Sono due percorsi troppo diversi, non c’è una conseguenza automatica. Se prima Ibra sceglieva il meglio per se stesso, lavorando in gruppo deve saper scendere a qualche compromesso, senza egoismi. “Si fa così e basta” può dirlo solo chi comanda davvero, e cioè il proprietario del club. E in certe decisioni influiscono tanti aspetti, alcuni dei quali per lui saranno nuovi: tenere conto dei bilanci, per esempio».

Stavolta il suo consiglio qual è?

Dovrà mantenere la sua personalità e il coraggio di assumersi le responsabilità. In questo non deve cambiare. Ma anche usare l’intelligenza che ha per sapersi adeguare al ruolo. Sapere dove e quando intervenire per fare il bene di tutti, aprendosi al confronto».

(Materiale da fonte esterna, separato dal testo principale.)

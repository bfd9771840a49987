//! The limits of a run that no script sets.
ghost use Rattle.std.specs.Prelude.{◌≡◌};
ghost use Rattle.at_value.specs.ProgramLimits.{program_limits};

/// How many passes there may be at once.
pub const PASSES: usize = 64;

/// How far the counted words of a run may go.
#[derive(Clone, Copy, Debug, PartialEq, Eq)]
pub struct Limits {
    /// From this place on no write is made, so there are at most this many writes. It is at most 4,294,967,295.
    pub place_max: u64,
    /// An object isn't opened for writing once its sequence has come to this even number, at most 1,099,511,627,774.
    pub head_max: u64,
    /// How many version tags there are, from 1 to 1,023.
    pub tags: u16,
}

impl Limits {
    /// The limits of the program, the widest that there are: 4,294,967,295 writes, heads up to 1,099,511,627,774 and
    /// 1,023 tags.
    pub fn program() -> Limits
        ensures { result ≡ program_limits }
    {
        Limits {
            place_max: 4_294_967_295,
            head_max: 1_099_511_627_774,
            tags: 1_023,
        }
    }
}
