//! A map from names to values. Contracts see it as the list of its pairs by rising name number.
ghost use Rattle.std.specs.Prelude.{◌≡◌, ◌↔◌, List, [], IsTrue, IfOk, IsOk, IsSome, length, OnOk, OnErr, slice_get};
ghost use Rattle.at_value.specs.Pairs.{IsRising, value_at, with_value, without, MapLaws};
ghost use Rattle.at_value.specs.declared.value.Value as value;

use crate::number::Name;
use crate::sorted;
use crate::value::Value;
use std::alloc::{AllocError, Global};
use std::marker::Model;

/// A map from names to values, in the order of rising name numbers.
#[derive(Drop, Debug)]
pub struct Pairs {
    items: Vec<(Name, Value)>,
}

impl Model for Pairs {
    ghost use Rattle.std.specs.Prelude.{List, ℕ};
    ghost use Rattle.at_value.specs.declared.value.Value as value;

    ghost Value = { List (ℕ × value.Value) };

    ghost use Rattle.at_value.specs.Pairs.{IsRising};

    ghost view = { λ p. p.items.items };

    ghost invariant = { λ p. IsRising p.items.items };
}

impl Pairs {
    /// A map without names. It takes no memory.
    pub fn new(alloc: Global) -> Pairs
        ensures { result ≡ [] }
    {
        Pairs {
            items: Vec::new(alloc),
        }
    }

    /// The map of these pairs, which come by rising name number. It takes no memory.
    pub fn of(items: Vec<(Name, Value)>) -> Pairs
        requires { IsRising items.items }
        ensures { result ≡ items.items }
    {
        Pairs { items }
    }

    /// A map of its own with the same names and values. Without names it takes no memory.
    pub fn copy(&self, alloc: Global) -> Result<Pairs, AllocError>
        ensures copied { IfOk result (λ copy. copy ≡ self.now) }
        ensures empty { self.now ≡ [] → IsOk result }
    {
        let mut items = Vec::with_capacity(alloc, self.items.len())?;
        items.extend_from_slice(&self.items)?;
        Ok(Pairs { items })
    }

    /// How many names there are.
    pub fn len(&self) -> usize
        ensures same { result ≡ length self.now }
        ensures rising { IsRising self.now }
    {
        self.items.len()
    }

    /// Whether there is no name.
    pub fn is_empty(&self) -> bool
        ensures { IsTrue result ↔ (self.now ≡ []) }
    {
        self.items.is_empty()
    }

    /// The pair at this index by rising name number, and none exactly from the length on.
    pub fn at(&self, i: usize) -> Option<(Name, Value)>
        ensures { result ≡ slice_get self.now i }
    {
        self.items.get(i).copied()
    }

    /// The value under the name, and none exactly where the name isn't there.
    pub fn get(&self, n: Name) -> Option<Value>
        ensures { result ≡ value_at n self.now }
    {
        sorted::get(n, &self.items)
    }

    /// Puts the value under the name, in the place of what stood there. It fails only where the name isn't there and
    /// memory is refused, and then nothing changes.
    pub fn put(&mut self, n: Name, v: Value) -> Result<(), AllocError>
        ensures ok { OnOk result (self.new ≡ with_value n v self.old) }
        ensures err { OnErr result (self.new ≡ self.old) }
        ensures there { IsSome (value_at n self.old) → IsOk result }
    {
        sorted::put(n, v, &mut self.items)
    }

    /// Takes the name out, and gives the value that stood there.
    pub fn cut(&mut self, n: Name) -> Option<Value>
        ensures value { result ≡ value_at n self.old }
        ensures rest { self.new ≡ without n self.old }
    {
        sorted::cut(n, &mut self.items)
    }

    /// What is true of every map: a change is read back at its name and nowhere else, and the names stay rising. It
    /// does nothing.
    pub fn map_laws()
        ensures { MapLaws value.Value }
    {}
}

Da allenatore del Milan sarebbe contento di ritrovare Zlatan in qualità di “Senior Advisor”?

capello sky

Ibra è certamente una figura ingombrante, positiva da giocatore per il Milan e per lo stesso Pioli, i risultati lo hanno dimostrato chiaramente. Oggi però la realtà cambia e parecchio. Se la domanda è: “Con lui Pioli si sentirà meno solo”? La risposta può essere sì, specie se i confini saranno ben definiti oltre tutta la diplomazia che ha accompagnato il suo ritorno. Allo stesso modo è l’aspetto che più mi preoccupa: una figura che potrà relazionarsi con la squadra non oscura la leadership dell’allenatore nei confronti del gruppo? Dopo l’addio di Maldini e Massara la proprietà ritiene che Pioli sia andato meno bene e che per questo abbia bisogno di un “collaboratore”? A un allenatore serve mantenere una credibilità totale verso i suoi interlocutori».